Load groups allows to specify which steps of the pipeline have to be loaded together within a stage. This is particularly useful when running on resource-constrained environments where all the steps cannot be executed in parallel.

Let's see how it works with an example:

from datasets import load_dataset

from distilabel.llms import vLLM
from distilabel.pipeline import Pipeline
from distilabel.steps import StepResources
from distilabel.steps.tasks import TextGeneration

dataset = load_dataset(
    "distilabel-internal-testing/instruction-dataset-mini", split="test"
).rename_column("prompt", "instruction")

with Pipeline() as pipeline:
    text_generation_0 = TextGeneration(
        llm=vLLM(
            model="HuggingFaceTB/SmolLM2-1.7B-Instruct",
            extra_kwargs={"max_model_len": 1024},
        ),
        resources=StepResources(gpus=1),
    )

    text_generation_1 = TextGeneration(
        llm=vLLM(
            model="HuggingFaceTB/SmolLM2-1.7B-Instruct",
            extra_kwargs={"max_model_len": 1024},
        ),
        resources=StepResources(gpus=1),
    )

if __name__ == "__main__":
    load_stages = pipeline.get_load_stages(load_groups=[[text_generation_1.name]])

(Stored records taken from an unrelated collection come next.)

//! Tests over long tables: many names, and typedefs in long chains and cycles. They end in a
//! moment, since each type and each name is passed once; no name goes over all types, and no member
//! along its chain.
use super::{is_answer, name, shown};
use crate::rows::{TableRow, push, push_typedefs, table_of};
use btf_codec::Table;
use c_model::CType;
use command_line::Text;
use dw_base::Bytes;
use shown_types::ShowFault::{self, NoName, NoSize};
use shown_types::Style;
use std::alloc::{AllocError, Global};
use std::test::Fail;

/// How many names and structures there are.
const MANY: usize = 20_000;

/// The id behind those of 100,000 typedefs.
const END: u32 = 100_003;

/// So many names, of which the k-th is `n` with the number k times `step`.
fn numbered(alloc: Global, count: usize, step: usize) -> Result<Vec<Text>, Fail> {
    let mut names = Vec::new(alloc);
    let mut number = 0usize;
    for _ in 0..count {
        names.push(Text::new(format!(in alloc; "n{number}")?))?;
        number = number.wrapping_add(step) % MANY;
    }
    Ok(names)
}

/// Adds an `int`, and a structure without a name of 12 bytes and a hole.
fn push_first(alloc: Global, types: &mut Vec<CType<'_>>) -> Result<(), AllocError> {
    let members = [(b"x".as_slice(), 0), (b"y".as_slice(), 64)];
    push(alloc, types, TableRow(1, b"int", false, 4, 0, &[], &[]))?;
    push(
        alloc,
        types,
        TableRow(4, b"", false, 12, 0, &members, &[1, 1]),
    )
}

/// Adds a structure of 12 bytes for each name. Its member is of the type of an id.
fn push_structures<'a>(
    alloc: Global,
    types: &mut Vec<CType<'a>>,
    names: &'a [Text],
    id: u32,
) -> Result<(), AllocError> {
    for name in names {
        let bytes = name.as_str().as_bytes();
        push(
            alloc,
            types,
            TableRow(4, bytes, false, 12, 0, &[(b"m", 0)], &[id]),
        )?;
    }
    Ok(())
}

/// Adds a typedef of the structure without a name for each name.
fn push_named_typedefs<'a>(
    alloc: Global,
    types: &mut Vec<CType<'a>>,
    names: &'a [Text],
) -> Result<(), AllocError> {
    for name in names {
        let bytes = name.as_str().as_bytes();
        push(alloc, types, TableRow(8, bytes, false, 0, 0, &[], &[2]))?;
    }
    Ok(())
}

/// Adds typedefs by the name `t`, each of the one before it and the first of the type of the id
/// `first`, and structures of these names whose member is of the last typedef.
fn push_behind_a_chain<'a>(
    alloc: Global,
    types: &mut Vec<CType<'a>>,
    names: &'a [Text],
    first: u32,
) -> Result<(), AllocError> {
    push(alloc, types, TableRow(8, b"t", false, 0, 0, &[], &[first]))?;
    push_typedefs(alloc, types, 3, END - 1)?;
    push_structures(alloc, types, names, END - 1)
}

/// A table with a structure of each name, and then a typedef of each; or with a chain of typedefs
/// whose first is of the type of this id, and a structure of each name behind it.
fn long_table<'a>(
    alloc: Global,
    names: &'a [Text],
    chain: Option<u32>,
) -> Result<Table<'a>, AllocError> {
    let mut types = Vec::new(alloc);
    push_first(alloc, &mut types)?;
    if let Some(first) = chain {
        push_behind_a_chain(alloc, &mut types, names, first)?;
    } else {
        push_structures(alloc, &mut types, names, 1)?;
        push_named_typedefs(alloc, &mut types, names)?;
    }
    Ok(table_of(0, types))
}

/// So many names, of which the k-th is the one with the number k times this step, and one more.
type AskedNames = (usize, usize, Option<&'static str>);

/// The first line, and the endings of further ones: for each list of endings those of all names, of
/// which the k-th is the one with the number k times this step.
type Lines = (&'static [u8], usize, &'static [&'static [&'static str]]);

/// The step of a table's names, what the first of its chain of typedefs is of, if it has a chain,
/// the names that are asked for, or all, and what is shown, or why nothing is.
type Long = (
    usize,
    Option<u32>,
    Option<AskedNames>,
    Result<Lines, ShowFault>,
);

/// The ending of a structure's line, and that of a typedef's.
const OF_BOTH: &[&[&str]] = &[&["\t12\t0\n", "\t12\t1\n"]];

/// All structures, and then all typedefs.
const IN_TURN: &[&[&str]] = &[&["\t12\t0\n"], &["\t12\t1\n"]];

const OF_STRUCTURES: &[&[&str]] = &[&["\t12\t0\n"]];

/// The first typedef of a chain.
const T: &[u8] = b"t\t12\t1\n";

const LONG: &[Long] = &[
    // In order, backwards, one name each time, and four names again and again; and with one more,
    // which nothing has.
    (1, None, Some((20_000, 1, None)), Ok((b"", 1, OF_BOTH))),
    (
        1,
        None,
        Some((20_000, 19_999, None)),
        Ok((b"", 19_999, OF_BOTH)),
    ),
    (1, None, Some((20_000, 0, None)), Ok((b"", 0, OF_BOTH))),
    (
        1,
        None,
        Some((20_000, 5_000, None)),
        Ok((b"", 5_000, OF_BOTH)),
    ),
    (1, None, Some((20_000, 1, Some("n"))), Err(NoName(20_000))),
    (
        1,
        None,
        Some((20_000, 19_999, Some("n"))),
        Err(NoName(20_000)),
    ),
    (1, None, Some((20_000, 0, Some("n"))), Err(NoName(20_000))),
    (
        1,
        None,
        Some((20_000, 5_000, Some("n"))),
        Err(NoName(20_000)),
    ),
    // All types have one name, which is asked for.
    (0, None, Some((1, 0, None)), Ok((b"", 0, IN_TURN))),
    // Behind a long chain: by all names; all types, the first of which is the typedef of a
    // structure; and this one by its name.
    (
        1,
        Some(2),
        Some((20_000, 1, None)),
        Ok((b"", 1, OF_STRUCTURES)),
    ),
    (1, Some(2), None, Ok((T, 1, OF_STRUCTURES))),
    (1, Some(2), Some((0, 0, Some("t"))), Ok((T, 1, &[]))),
    // Behind a long cycle. A name that nothing shown has comes before sizes.
    (1, Some(100_002), None, Err(NoSize(100_002))),
    (
        1,
        Some(100_002),
        Some((20_000, 1, None)),
        Err(NoSize(100_002)),
    ),
    (
        1,
        Some(100_002),
        Some((20_000, 1, Some("t"))),
        Err(NoName(20_000)),
    ),
];

/// The names that are asked for.
fn asked_names(alloc: Global, asked: &AskedNames) -> Result<Vec<Text>, Fail> {
    let (count, step, more) = *asked;
    let mut names = numbered(alloc, count, step)?;
    if let Some(more) = more {
        names.push(name(alloc, more)?)?;
    }
    Ok(names)
}

/// What is shown of the names that are asked for, or of all types.
fn shown_of(
    alloc: Global,
    table: &Table<'_>,
    asked: &Option<AskedNames>,
) -> Result<Result<Bytes, ShowFault>, Fail> {
    let style = Style {
        sizes: true,
        holes: 0,
        line: 64,
    };
    let Some(asked) = asked else {
        return shown(alloc, table, None, style);
    };
    let names = asked_names(alloc, asked)?;
    shown(alloc, table, Some(names.as_slice()), style)
}

/// Appends the lines of a name, one for each ending.
fn push_line(out: &mut Vec<u8>, name: &[u8], endings: &[&str]) -> Result<(), AllocError> {
    for ending in endings {
        out.extend_from_slice(name)?;
        out.extend_from_slice(ending.as_bytes())?;
    }
    Ok(())
}

/// Appends the lines of names.
fn push_lines(out: &mut Vec<u8>, names: &[Text], endings: &[&str]) -> Result<(), AllocError> {
    for name in names {
        push_line(out, name.as_str().as_bytes(), endings)?;
    }
    Ok(())
}

/// The lines that are wanted.
fn bytes_of(alloc: Global, lines: &Lines) -> Result<Vec<u8>, Fail> {
    let (first, step, lists) = *lines;
    let names = numbered(alloc, MANY, step)?;
    let mut out = Vec::from_slice(alloc, first)?;
    for endings in lists {
        push_lines(&mut out, &names, endings)?;
    }
    Ok(out)
}

/// Whether what is shown is what is wanted.
fn is_wanted(
    alloc: Global,
    shown: &Result<Bytes, ShowFault>,
    wanted: &Result<Lines, ShowFault>,
) -> Result<bool, Fail> {
    match wanted {
        Err(fault) => Ok(is_answer(shown, Err(*fault))),
        Ok(lines) => Ok(is_answer(shown, Ok(&bytes_of(alloc, lines)?))),
    }
}

/// What is shown of a long table of these names.
fn shown_in(alloc: Global, names: &[Text], long: &Long) -> Result<Result<Bytes, ShowFault>, Fail> {
    let table = long_table(alloc, names, long.1)?;
    shown_of(alloc, &table, &long.2)
}

/// The first long table of which something else is shown, by its place in the list.
fn first_other(alloc: Global) -> Result<Option<usize>, Fail> {
    for (k, long) in LONG.iter().enumerate() {
        let names = numbered(alloc, MANY, long.0)?;
        let shown = shown_in(alloc, &names, long)?;
        if !is_wanted(alloc, &shown, &long.3)? {
            return Ok(Some(k));
        }
    }
    Ok(None)
}

#[test]
fn long_tables(rt: HostRuntime) -> Result<(), Fail> {
    assert_eq!(rt; first_other(rt.alloc())?, None);
    Ok(())
}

    for i, steps_stage in enumerate(load_stages[0]):
        print(f"Stage {i}: {steps_stage}")

    # Output:
    # Stage 0: ['text_generation_0']
    # Stage 1: ['text_generation_1']

    distiset = pipeline.run(dataset=dataset, load_groups=[[text_generation_0.name]])

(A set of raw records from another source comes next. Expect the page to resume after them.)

//! Laws of the number types, flag sets and kinds, each the contract of a function without code.

ghost use Rattle.std.specs.Prelude.{◌≡◌, ◌↔◌, ◌==◌, ℕ, List, Ok, IsTrue, if◌then◌else◌};
ghost use Rattle.nla_frame.specs.Attribute.{Attribute};
ghost use Rattle.linkinfo_numbers.specs.Netkit.{
  netkit_scrub,
  netkit_scrub_number,
  netkit_scrub_text,
  netkit_scrubs,
};
// Begin: written by tables/generate from tables/numbers (specs).
ghost use Rattle.linkinfo_numbers.specs.Amt.{
  amt_mode,
  amt_mode_number,
  amt_mode_table,
  amt_mode_text,
};
ghost use Rattle.linkinfo_numbers.specs.Bond.{
  bond_mode,
  bond_mode_number,
  bond_mode_table,
  bond_mode_text,
  bond_arp_validate,
  bond_arp_validate_number,
  bond_arp_validate_table,
  bond_arp_validate_text,
  bond_arp_all_targets,
  bond_arp_all_targets_number,
  bond_arp_all_targets_table,
  bond_arp_all_targets_text,
  bond_primary_reselect,
  bond_primary_reselect_number,
  bond_primary_reselect_table,
  bond_primary_reselect_text,
  bond_fail_over_mac,
  bond_fail_over_mac_number,
  bond_fail_over_mac_table,
  bond_fail_over_mac_text,
  bond_xmit_hash_policy,
  bond_xmit_hash_policy_number,
  bond_xmit_hash_policy_table,
  bond_xmit_hash_policy_text,
  bond_all_port_active,
  bond_all_port_active_number,
  bond_all_port_active_table,
  bond_lacp_rate,
  bond_lacp_rate_number,
  bond_lacp_rate_table,
  bond_lacp_rate_text,
  bond_ad_select,
  bond_ad_select_number,
  bond_ad_select_table,
  bond_ad_select_text,
  bond_port_state,
  bond_port_state_number,
  bond_port_state_table,
  bond_port_state_text,
  mii_status,
  mii_status_number,
  mii_status_table,
  mii_status_text,
  churn_state,
  churn_state_number,
  churn_state_table,
  churn_state_text,
  lacp_state,
  lacp_state_words,
  lacp_state16,
  lacp_state16_words,
  on_off,
  on_off_number,
  on_off_table,
  on_off_text,
};
ghost use Rattle.linkinfo_numbers.specs.Bridge.{
  bridge_stp_state,
  bridge_stp_state_number,
  bridge_stp_state_table,
  bridge_stp_mode,
  bridge_stp_mode_number,
  bridge_stp_mode_table,
  bridge_stp_mode_text,
  bridge_multicast_router_type,
  bridge_multicast_router_type_number,
  bridge_multicast_router_type_table,
  bridge_port_state,
  bridge_port_state_number,
  bridge_port_state_table,
  bridge_port_state_text,
  bridge_boolean_option_flags,
  bridge_boolean_option_flags_words,
};
ghost use Rattle.linkinfo_numbers.specs.Can.{
  can_state,
  can_state_number,
  can_state_table,
  can_state_text,
  can_ctrl_mode_flags,
  can_ctrl_mode_flags_words,
};
ghost use Rattle.linkinfo_numbers.specs.Ethernet.{
  ethernet_protocol,
  ethernet_protocol_number,
  ethernet_protocol_table,
};
ghost use Rattle.linkinfo_numbers.specs.Geneve.{
  geneve_df,
  geneve_df_number,
  geneve_df_table,
  geneve_df_text,
};
ghost use Rattle.linkinfo_numbers.specs.Gre.{
  gre_encap_type,
  gre_encap_type_number,
  gre_encap_type_table,
  er_span_dir,
  er_span_dir_number,
  er_span_dir_table,
  gre_io_flags,
  gre_encap_flags,
};
ghost use Rattle.linkinfo_numbers.specs.Gtp.{gtp_role, gtp_role_number, gtp_role_table};
ghost use Rattle.linkinfo_numbers.specs.Hsr.{
  hsr_protocol,
  hsr_protocol_number,
  hsr_protocol_table,
  hsr_protocol_text,
};
ghost use Rattle.linkinfo_numbers.specs.Ip.{ip_protocol, ip_protocol_number, ip_protocol_table};
ghost use Rattle.linkinfo_numbers.specs.Ipoib.{ipoib_mode, ipoib_mode_number, ipoib_mode_table};
ghost use Rattle.linkinfo_numbers.specs.Ipvlan.{
  ip_vlan_mode,
  ip_vlan_mode_number,
  ip_vlan_mode_table,
  ip_vlan_mode_text,
  ip_vlan_flags,
};
ghost use Rattle.linkinfo_numbers.specs.Macsec.{
  mac_sec_cipher_id,
  mac_sec_cipher_id_number,
  mac_sec_cipher_id_table,
  mac_sec_validate,
  mac_sec_validate_number,
  mac_sec_validate_table,
  mac_sec_offload,
  mac_sec_offload_number,
  mac_sec_offload_table,
};
ghost use Rattle.linkinfo_numbers.specs.Macvlan.{
  mac_vlan_mode,
  mac_vlan_mode_number,
  mac_vlan_mode_table,
  mac_vlan_mode_text,
  mac_vlan_mac_address_mode,
  mac_vlan_mac_address_mode_number,
  mac_vlan_mac_address_mode_table,
  mac_vlan_flags,
};
ghost use Rattle.linkinfo_numbers.specs.Netkit.{
  netkit_mode,
  netkit_mode_number,
  netkit_mode_table,
  netkit_mode_text,
  netkit_policy,
  netkit_policy_number,
  netkit_policy_table,
  netkit_policy_text,
};
ghost use Rattle.linkinfo_numbers.specs.Ovpn.{
  ovpn_mode,
  ovpn_mode_number,
  ovpn_mode_table,
  ovpn_mode_text,
};
ghost use Rattle.linkinfo_numbers.specs.Rmnet.{rm_net_flags};
ghost use Rattle.linkinfo_numbers.specs.Tun.{
  tun_type,
  tun_type_number,
  tun_type_table,
  tun_type_text,
};
ghost use Rattle.linkinfo_numbers.specs.Tunnel.{
  tunnel_encap_type,
  tunnel_encap_type_number,
  tunnel_encap_type_table,
  tunnel_encap_flags,
  ip6_tunnel_flags,
};
ghost use Rattle.linkinfo_numbers.specs.Vlan.{
  vlan_protocol,
  vlan_protocol_number,
  vlan_protocol_table,
  vlan_protocol_text,
  vlan_flags,
  vlan_flags_words,
};
ghost use Rattle.linkinfo_numbers.specs.Vxlan.{vxlan_df, vxlan_df_number, vxlan_df_table};
// End: written by tables/generate.
ghost use Rattle.std.specs.Str.{is_utf8};
ghost use Rattle.linkinfo_numbers.specs.FlagWords.{ReadsFlags};
ghost use Rattle.linkinfo_numbers.specs.Kind.{
  kind_attribute,
  kind_meaning,
  kind_of_name,
  kind_table,
  tag_of_kind,
  tag_of_name,
};
ghost use Rattle.linkinfo_numbers.specs.Kind.{text_of_kind};
ghost use Rattle.linkinfo_numbers.specs.PortKind.{
  port_kind_attribute,
  port_kind_meaning,
  port_kind_of_name,
  port_kind_table,
};
ghost use Rattle.linkinfo_numbers.specs.PortKind.{
  port_tag_of_name,
  tag_of_port_kind,
  text_of_port_kind,
};
ghost use Rattle.linkinfo_numbers.specs.Table.{IsProper, ReadsBackWhereProper};
ghost use Rattle.linkinfo_numbers.specs.Word.{ReadsWords};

In this example, we're working with a machine that has a single GPU, but the pipeline includes two instances of TextGeneration tasks both using vLLM and requesting 1 GPU. We cannot execute both steps in parallel. To fix that, we specify in the run method using the load_groups argument that the text_generation_0 step has to be executed in isolation in a stage. This way, we can run the pipeline on a single GPU machine by executing the steps in different stages (sequentially) instead of in parallel.

Some key points about load groups:

Load groups are specified as a list of lists, where each inner list represents a group of steps that should be loaded together.
Same as GlobalStepss, the load groups creates a new load stage dividing the pipeline in 3 stages: one for the upstream steps, one for the steps in the load group, and one for the downstream steps.

Load groups modes¶

In addition, distilabel allows passing some modes to the load_groups argument that will handle the creation of the load groups:

"sequential_step_execution": when passed, it will create a load group for each step i.e. the execution of the steps of the pipeline will be sequential.